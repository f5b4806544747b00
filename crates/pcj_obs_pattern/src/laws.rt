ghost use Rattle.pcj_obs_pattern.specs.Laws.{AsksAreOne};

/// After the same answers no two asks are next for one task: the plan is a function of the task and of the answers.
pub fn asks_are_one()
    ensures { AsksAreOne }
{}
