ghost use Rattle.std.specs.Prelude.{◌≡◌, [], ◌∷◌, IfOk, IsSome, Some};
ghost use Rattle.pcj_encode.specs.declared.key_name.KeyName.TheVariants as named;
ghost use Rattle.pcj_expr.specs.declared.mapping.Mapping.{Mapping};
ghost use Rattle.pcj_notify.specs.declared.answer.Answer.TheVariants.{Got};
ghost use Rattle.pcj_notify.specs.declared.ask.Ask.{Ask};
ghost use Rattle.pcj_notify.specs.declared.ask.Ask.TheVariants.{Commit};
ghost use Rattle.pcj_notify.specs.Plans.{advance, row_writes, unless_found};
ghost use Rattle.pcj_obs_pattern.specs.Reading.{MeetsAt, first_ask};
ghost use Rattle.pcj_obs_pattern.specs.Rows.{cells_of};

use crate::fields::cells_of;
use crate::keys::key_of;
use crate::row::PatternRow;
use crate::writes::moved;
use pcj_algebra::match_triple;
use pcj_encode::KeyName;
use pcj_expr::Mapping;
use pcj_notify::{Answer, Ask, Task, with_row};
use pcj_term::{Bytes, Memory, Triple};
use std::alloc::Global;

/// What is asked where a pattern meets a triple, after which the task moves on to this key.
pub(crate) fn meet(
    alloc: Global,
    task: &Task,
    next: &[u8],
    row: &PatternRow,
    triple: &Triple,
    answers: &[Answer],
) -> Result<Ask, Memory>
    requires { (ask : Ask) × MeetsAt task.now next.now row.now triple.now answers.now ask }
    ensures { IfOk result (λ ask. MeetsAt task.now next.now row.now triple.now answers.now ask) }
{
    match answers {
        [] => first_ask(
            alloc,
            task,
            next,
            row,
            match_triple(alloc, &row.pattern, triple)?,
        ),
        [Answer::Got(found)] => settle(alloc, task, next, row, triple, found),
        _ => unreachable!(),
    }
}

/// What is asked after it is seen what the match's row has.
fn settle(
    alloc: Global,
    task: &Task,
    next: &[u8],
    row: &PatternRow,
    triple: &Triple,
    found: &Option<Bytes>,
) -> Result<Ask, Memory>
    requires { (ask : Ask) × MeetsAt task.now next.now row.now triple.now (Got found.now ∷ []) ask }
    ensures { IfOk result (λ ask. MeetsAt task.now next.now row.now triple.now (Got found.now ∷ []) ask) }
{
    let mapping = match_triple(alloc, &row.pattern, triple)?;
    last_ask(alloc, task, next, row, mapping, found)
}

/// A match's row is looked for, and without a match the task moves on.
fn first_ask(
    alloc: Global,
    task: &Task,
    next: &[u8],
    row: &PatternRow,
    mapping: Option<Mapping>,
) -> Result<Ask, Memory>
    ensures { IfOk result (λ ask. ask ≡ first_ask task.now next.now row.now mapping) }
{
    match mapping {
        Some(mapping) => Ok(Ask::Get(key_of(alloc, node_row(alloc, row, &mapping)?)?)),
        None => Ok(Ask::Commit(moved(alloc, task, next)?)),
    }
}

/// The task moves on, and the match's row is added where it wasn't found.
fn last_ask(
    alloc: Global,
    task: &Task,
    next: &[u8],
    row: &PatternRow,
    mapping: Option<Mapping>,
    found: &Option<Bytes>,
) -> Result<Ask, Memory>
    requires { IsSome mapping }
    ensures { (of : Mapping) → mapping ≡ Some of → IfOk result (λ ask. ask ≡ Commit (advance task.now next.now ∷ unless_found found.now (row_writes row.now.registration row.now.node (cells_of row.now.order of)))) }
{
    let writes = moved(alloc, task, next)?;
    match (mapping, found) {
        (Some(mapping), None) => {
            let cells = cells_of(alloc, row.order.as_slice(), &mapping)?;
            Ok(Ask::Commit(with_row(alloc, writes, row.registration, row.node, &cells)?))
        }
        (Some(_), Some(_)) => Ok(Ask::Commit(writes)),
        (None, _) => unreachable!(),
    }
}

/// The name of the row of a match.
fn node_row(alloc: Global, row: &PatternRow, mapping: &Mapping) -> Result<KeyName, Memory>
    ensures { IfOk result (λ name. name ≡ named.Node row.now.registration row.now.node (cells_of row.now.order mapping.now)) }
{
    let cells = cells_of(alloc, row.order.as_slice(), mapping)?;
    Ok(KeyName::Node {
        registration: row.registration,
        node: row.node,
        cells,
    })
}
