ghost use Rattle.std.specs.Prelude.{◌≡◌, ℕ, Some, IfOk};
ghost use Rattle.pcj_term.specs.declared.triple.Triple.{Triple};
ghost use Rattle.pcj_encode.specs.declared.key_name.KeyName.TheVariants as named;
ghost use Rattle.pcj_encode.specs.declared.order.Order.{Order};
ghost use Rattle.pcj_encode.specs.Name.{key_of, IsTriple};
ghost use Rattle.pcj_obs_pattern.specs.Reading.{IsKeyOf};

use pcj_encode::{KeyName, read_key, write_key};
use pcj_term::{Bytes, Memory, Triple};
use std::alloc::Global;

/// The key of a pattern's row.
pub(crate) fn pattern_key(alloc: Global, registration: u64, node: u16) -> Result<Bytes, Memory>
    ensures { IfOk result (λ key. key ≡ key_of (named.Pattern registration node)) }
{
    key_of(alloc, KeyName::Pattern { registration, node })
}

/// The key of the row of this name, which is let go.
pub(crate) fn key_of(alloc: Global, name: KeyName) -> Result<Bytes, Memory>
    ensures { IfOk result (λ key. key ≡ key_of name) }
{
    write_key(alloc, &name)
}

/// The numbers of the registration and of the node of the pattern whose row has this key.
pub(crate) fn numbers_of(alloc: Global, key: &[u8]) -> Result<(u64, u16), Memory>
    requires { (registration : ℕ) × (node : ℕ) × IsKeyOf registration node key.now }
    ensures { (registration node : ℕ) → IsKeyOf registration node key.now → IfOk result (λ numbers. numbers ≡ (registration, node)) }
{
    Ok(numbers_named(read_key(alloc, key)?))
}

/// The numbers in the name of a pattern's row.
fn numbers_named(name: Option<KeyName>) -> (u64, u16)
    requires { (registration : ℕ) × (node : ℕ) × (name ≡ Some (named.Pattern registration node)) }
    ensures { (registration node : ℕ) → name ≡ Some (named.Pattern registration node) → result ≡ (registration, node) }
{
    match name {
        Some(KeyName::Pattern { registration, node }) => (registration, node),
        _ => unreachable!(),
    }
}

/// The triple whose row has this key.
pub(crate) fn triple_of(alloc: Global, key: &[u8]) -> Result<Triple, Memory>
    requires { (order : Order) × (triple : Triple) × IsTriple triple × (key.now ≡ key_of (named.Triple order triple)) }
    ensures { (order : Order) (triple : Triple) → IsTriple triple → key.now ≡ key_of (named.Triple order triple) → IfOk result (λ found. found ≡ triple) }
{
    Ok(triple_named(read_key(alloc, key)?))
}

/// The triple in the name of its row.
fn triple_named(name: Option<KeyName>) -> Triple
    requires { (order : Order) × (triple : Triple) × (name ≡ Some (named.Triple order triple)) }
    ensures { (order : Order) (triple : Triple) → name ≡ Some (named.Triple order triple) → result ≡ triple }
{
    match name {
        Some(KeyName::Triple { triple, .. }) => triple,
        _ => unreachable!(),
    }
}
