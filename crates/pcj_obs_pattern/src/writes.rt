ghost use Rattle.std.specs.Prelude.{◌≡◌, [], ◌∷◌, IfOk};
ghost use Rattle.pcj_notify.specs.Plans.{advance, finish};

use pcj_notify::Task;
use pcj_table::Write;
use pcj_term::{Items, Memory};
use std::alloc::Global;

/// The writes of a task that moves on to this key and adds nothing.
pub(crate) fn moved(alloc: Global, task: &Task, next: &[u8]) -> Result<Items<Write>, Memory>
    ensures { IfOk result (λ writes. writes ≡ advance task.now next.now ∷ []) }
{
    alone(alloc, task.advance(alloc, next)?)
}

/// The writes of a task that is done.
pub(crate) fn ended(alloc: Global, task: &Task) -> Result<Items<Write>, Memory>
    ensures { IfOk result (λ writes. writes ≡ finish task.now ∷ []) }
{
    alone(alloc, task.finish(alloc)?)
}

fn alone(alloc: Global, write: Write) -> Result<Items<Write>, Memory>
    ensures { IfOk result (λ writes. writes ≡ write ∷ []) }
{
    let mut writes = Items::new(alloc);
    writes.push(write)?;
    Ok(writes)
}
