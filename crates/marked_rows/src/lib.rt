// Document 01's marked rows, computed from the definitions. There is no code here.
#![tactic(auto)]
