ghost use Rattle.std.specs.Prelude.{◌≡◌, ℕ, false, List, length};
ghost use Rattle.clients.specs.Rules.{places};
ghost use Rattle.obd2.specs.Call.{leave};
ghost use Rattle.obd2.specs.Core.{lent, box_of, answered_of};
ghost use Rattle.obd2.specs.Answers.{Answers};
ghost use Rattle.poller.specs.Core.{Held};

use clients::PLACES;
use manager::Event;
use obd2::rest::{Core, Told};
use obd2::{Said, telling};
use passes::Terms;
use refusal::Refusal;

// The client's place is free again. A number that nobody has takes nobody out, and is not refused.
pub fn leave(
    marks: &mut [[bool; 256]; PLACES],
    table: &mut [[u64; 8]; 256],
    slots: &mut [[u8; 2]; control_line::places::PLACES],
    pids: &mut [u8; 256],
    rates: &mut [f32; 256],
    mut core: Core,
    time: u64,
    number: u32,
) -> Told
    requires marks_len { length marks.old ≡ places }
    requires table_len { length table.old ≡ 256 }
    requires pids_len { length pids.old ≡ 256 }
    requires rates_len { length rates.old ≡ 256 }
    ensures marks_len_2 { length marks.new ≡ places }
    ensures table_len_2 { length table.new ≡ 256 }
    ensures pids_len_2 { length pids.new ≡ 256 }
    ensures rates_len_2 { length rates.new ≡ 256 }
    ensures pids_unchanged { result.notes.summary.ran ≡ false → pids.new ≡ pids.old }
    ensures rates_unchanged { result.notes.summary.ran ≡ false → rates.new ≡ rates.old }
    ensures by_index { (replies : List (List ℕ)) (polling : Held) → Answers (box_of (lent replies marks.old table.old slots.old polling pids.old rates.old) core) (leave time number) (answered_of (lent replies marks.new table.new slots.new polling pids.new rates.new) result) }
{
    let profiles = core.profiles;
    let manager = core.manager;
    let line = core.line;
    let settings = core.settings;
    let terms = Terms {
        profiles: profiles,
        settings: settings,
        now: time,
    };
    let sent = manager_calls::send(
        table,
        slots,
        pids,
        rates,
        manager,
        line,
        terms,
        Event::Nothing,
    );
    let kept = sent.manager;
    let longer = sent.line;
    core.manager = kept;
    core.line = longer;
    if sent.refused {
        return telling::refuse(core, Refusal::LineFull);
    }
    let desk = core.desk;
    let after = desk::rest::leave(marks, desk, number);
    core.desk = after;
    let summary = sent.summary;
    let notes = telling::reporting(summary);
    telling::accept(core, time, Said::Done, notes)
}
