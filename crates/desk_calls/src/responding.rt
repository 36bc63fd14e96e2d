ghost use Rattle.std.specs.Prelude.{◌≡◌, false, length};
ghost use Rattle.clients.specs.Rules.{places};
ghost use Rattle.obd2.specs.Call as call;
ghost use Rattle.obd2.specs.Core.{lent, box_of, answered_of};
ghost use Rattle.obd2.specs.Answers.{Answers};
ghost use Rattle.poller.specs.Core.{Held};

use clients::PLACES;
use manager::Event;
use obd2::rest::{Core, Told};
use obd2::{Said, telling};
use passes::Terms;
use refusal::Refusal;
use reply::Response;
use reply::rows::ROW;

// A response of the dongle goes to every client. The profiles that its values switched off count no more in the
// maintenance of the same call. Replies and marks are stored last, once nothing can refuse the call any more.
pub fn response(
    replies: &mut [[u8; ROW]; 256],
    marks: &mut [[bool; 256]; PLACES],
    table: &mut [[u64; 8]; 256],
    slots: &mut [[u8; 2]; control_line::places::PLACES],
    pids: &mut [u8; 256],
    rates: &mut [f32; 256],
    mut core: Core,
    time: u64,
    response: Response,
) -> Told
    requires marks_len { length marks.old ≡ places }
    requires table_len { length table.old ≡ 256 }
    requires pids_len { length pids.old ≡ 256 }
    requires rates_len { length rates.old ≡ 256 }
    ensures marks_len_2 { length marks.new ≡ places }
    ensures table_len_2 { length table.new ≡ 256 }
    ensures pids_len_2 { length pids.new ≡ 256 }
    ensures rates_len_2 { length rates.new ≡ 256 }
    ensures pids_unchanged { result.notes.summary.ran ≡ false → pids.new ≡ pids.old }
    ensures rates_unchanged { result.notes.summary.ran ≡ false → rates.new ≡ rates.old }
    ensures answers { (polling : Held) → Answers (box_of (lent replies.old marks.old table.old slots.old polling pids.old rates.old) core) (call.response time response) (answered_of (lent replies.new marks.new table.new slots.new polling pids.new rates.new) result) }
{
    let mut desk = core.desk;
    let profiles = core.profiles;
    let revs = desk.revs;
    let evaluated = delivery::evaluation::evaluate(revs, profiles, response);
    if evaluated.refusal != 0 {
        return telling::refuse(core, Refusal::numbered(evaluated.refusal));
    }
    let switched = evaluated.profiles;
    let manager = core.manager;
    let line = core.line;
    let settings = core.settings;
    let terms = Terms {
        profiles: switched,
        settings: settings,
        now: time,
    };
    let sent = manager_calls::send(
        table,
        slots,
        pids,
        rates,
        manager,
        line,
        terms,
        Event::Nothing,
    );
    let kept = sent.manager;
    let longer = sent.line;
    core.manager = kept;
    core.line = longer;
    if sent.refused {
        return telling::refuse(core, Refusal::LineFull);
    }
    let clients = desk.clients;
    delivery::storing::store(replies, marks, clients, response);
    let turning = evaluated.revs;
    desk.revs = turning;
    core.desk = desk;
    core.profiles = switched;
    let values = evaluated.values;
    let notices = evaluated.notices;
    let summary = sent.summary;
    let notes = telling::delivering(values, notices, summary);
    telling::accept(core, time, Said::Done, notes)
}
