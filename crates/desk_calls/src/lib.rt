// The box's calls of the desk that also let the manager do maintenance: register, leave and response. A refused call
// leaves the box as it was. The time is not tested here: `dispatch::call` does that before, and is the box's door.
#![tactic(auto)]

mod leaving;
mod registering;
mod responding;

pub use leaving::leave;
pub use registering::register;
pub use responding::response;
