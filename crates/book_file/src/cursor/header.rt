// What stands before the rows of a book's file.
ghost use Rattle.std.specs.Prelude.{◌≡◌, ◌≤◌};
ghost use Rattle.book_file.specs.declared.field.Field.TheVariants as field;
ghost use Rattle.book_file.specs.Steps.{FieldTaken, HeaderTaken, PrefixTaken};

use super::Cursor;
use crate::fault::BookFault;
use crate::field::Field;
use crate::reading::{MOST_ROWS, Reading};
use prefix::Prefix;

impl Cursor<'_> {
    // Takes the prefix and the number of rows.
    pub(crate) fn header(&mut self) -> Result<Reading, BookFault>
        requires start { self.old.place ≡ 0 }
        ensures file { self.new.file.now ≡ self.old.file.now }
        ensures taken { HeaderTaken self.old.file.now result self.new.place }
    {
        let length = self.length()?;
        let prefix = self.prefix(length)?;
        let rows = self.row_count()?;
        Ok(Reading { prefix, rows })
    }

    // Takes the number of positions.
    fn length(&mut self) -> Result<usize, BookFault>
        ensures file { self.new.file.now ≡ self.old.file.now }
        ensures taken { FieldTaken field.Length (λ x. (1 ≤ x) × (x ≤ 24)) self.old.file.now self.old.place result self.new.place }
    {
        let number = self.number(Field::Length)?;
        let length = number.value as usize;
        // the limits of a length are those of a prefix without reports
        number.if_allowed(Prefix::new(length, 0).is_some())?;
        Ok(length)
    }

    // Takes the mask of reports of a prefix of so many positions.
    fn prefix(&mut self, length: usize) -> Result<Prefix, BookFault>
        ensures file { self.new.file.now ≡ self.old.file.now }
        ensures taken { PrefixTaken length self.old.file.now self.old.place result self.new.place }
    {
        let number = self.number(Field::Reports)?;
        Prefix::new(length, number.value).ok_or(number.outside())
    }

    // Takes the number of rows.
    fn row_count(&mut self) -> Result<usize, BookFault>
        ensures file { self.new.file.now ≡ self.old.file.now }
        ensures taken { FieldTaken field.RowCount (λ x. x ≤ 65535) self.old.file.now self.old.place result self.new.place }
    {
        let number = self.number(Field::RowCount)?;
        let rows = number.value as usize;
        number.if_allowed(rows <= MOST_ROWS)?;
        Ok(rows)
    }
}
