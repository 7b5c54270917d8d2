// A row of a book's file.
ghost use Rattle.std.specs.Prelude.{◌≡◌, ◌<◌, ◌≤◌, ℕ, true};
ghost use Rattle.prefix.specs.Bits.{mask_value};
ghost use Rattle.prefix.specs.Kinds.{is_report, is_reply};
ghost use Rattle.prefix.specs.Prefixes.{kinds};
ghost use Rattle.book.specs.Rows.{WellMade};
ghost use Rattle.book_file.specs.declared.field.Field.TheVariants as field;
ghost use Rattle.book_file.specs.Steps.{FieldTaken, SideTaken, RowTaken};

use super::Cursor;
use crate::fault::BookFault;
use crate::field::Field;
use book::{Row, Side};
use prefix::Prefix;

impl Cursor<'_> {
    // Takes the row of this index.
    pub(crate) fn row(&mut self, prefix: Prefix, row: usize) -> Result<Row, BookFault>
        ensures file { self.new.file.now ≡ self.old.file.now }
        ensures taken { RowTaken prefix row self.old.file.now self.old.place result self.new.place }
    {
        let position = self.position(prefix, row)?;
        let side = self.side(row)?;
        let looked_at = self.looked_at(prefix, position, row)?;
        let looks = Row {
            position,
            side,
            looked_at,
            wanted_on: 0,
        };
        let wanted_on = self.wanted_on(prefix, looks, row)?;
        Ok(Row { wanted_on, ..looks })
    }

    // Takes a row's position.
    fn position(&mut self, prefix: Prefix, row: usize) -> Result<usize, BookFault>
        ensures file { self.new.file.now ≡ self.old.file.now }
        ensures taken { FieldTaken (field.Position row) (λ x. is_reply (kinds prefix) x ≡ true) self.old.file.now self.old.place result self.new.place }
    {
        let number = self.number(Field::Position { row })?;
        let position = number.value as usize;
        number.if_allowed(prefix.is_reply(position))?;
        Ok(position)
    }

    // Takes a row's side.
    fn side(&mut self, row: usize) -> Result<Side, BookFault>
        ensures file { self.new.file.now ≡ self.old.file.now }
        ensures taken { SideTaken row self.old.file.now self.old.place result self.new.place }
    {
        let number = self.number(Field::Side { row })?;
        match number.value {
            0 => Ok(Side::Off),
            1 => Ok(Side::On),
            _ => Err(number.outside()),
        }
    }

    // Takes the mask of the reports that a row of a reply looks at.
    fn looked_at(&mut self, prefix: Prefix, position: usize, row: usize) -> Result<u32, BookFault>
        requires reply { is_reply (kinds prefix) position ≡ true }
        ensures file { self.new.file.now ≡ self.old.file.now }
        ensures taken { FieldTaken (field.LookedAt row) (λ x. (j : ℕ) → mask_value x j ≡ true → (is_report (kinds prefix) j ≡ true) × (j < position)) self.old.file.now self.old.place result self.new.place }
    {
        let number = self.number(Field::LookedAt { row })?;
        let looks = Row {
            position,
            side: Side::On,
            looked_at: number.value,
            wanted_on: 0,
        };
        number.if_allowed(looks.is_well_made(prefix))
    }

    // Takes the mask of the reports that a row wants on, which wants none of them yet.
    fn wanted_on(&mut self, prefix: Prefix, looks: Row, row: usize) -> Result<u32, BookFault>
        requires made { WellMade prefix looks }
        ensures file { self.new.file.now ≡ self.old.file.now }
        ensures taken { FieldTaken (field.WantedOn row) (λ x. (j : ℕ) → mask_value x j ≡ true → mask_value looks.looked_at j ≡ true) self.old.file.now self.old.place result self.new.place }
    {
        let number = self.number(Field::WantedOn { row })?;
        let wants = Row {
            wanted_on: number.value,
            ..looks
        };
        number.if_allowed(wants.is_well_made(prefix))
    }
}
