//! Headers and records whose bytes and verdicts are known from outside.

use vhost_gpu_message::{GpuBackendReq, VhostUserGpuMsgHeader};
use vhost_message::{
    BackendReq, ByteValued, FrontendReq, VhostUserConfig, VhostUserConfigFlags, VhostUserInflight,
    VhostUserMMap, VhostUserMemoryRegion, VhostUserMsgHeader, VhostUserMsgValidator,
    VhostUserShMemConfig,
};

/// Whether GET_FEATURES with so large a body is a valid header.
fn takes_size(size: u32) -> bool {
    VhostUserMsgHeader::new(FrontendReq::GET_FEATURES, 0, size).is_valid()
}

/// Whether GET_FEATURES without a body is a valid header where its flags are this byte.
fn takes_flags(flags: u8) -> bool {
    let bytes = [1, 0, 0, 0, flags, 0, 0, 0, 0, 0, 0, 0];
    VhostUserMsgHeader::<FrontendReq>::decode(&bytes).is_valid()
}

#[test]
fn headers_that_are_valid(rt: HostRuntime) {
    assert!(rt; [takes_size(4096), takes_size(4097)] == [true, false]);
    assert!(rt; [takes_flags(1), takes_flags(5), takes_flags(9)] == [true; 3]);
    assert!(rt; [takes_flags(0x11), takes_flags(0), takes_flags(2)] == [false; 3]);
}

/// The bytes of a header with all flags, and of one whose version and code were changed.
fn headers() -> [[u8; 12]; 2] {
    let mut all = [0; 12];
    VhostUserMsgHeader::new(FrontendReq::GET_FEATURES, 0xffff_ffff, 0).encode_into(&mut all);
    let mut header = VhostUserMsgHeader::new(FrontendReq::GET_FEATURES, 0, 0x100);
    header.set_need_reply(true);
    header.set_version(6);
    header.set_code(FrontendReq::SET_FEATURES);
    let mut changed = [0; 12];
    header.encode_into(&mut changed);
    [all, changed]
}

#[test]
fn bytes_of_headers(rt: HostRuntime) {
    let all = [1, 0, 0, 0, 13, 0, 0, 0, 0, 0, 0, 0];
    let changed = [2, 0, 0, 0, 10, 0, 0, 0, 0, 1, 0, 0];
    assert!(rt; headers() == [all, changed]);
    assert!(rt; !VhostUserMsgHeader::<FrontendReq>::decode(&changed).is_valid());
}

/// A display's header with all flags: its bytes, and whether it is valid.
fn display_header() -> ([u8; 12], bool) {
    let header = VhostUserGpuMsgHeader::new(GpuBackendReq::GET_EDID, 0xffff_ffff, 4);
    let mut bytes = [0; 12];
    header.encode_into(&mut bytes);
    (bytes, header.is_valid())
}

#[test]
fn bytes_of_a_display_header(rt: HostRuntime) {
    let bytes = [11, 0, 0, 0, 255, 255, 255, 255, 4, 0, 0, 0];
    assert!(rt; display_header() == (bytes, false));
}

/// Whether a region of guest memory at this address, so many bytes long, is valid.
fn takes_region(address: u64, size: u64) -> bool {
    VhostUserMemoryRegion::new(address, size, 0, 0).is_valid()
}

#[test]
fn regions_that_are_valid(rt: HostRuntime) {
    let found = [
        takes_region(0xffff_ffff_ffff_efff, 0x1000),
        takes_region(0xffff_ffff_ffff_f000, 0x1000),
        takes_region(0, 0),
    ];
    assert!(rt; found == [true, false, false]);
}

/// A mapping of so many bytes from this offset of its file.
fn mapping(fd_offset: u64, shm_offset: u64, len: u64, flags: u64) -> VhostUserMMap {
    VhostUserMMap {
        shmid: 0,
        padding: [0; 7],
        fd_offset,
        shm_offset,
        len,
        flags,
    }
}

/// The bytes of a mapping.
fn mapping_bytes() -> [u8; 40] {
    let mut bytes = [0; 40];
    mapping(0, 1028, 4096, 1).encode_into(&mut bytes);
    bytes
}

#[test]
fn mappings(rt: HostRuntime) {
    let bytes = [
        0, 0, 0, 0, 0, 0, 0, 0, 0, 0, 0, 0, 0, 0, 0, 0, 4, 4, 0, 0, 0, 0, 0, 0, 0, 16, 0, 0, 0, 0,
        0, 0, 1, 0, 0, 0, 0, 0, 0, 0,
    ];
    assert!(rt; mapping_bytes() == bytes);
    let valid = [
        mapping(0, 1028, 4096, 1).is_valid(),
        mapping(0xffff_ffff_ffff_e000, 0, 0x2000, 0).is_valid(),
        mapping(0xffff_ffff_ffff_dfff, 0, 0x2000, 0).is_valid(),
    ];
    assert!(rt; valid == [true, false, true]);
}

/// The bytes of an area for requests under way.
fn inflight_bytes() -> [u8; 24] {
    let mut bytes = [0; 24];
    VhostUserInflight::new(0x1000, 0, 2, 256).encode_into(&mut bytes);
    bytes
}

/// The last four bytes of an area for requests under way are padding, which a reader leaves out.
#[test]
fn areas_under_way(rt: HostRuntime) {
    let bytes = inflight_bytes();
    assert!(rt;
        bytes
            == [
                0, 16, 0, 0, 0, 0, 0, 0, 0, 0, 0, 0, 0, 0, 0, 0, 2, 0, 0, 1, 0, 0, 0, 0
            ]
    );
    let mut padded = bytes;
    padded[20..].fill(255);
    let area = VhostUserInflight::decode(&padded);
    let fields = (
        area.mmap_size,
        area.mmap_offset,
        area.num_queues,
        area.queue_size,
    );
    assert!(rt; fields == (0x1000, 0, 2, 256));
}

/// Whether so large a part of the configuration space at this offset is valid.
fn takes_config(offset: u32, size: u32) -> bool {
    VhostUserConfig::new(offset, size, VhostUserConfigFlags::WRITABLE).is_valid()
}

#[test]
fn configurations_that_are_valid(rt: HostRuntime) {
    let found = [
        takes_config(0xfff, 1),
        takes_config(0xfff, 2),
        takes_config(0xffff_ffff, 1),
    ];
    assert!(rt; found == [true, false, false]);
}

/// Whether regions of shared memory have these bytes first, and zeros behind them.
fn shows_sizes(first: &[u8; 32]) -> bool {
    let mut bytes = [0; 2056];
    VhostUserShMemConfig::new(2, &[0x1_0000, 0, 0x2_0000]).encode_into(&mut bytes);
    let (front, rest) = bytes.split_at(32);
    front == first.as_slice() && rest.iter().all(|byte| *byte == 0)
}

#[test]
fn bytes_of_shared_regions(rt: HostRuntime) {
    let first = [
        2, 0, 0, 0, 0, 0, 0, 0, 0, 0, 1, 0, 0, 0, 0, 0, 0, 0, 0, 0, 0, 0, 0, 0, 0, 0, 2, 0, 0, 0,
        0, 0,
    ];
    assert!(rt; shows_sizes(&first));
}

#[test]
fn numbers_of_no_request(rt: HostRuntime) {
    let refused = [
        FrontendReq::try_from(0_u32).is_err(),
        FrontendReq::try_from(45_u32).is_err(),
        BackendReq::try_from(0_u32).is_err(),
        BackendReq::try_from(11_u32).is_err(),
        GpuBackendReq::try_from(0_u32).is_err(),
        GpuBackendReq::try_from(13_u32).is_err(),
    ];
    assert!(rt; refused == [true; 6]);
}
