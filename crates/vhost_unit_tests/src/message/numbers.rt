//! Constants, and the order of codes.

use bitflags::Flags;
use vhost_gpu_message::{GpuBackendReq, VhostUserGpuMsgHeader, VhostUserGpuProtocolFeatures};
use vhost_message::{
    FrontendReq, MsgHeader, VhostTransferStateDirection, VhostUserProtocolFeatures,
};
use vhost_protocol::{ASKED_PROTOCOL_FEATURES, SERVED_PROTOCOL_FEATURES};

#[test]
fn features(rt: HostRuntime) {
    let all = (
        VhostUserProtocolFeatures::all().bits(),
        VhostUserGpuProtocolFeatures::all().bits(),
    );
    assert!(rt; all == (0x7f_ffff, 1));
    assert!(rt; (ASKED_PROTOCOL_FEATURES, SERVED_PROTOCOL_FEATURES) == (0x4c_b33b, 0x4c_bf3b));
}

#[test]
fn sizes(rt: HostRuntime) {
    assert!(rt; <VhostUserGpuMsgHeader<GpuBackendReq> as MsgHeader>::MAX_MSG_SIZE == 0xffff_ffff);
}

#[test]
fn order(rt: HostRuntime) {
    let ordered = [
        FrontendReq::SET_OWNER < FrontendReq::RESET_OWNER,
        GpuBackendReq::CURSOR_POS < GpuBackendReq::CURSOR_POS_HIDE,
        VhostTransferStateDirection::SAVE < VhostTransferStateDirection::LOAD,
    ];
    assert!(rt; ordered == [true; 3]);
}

__THE TASK__: Transcribe each line of the data above, unaltered, from the one where "fn numbers_named(name: Option<KeyName>)" appears to the one where "Triple) × IsTriple" appears, inclusive of both.

__ANSWER SPACE__:
fn numbers_named(name: Option<KeyName>) -> (u64, u16)
    requires { (registration : ℕ) × (node : ℕ) × (name ≡ Some (named.Pattern registration node)) }
    ensures { (registration node : ℕ) → name ≡ Some (named.Pattern registration node) → result ≡ (registration, node) }
{
    match name {
        Some(KeyName::Pattern { registration, node }) => (registration, node),
        _ => unreachable!(),
    }
}

/// The triple whose row has this key.
pub(crate) fn triple_of(alloc: Global, key: &[u8]) -> Result<Triple, Memory>
    requires { (order : Order) × (triple : Triple) × IsTriple triple × (key.now ≡ key_of (named.Triple order triple)) }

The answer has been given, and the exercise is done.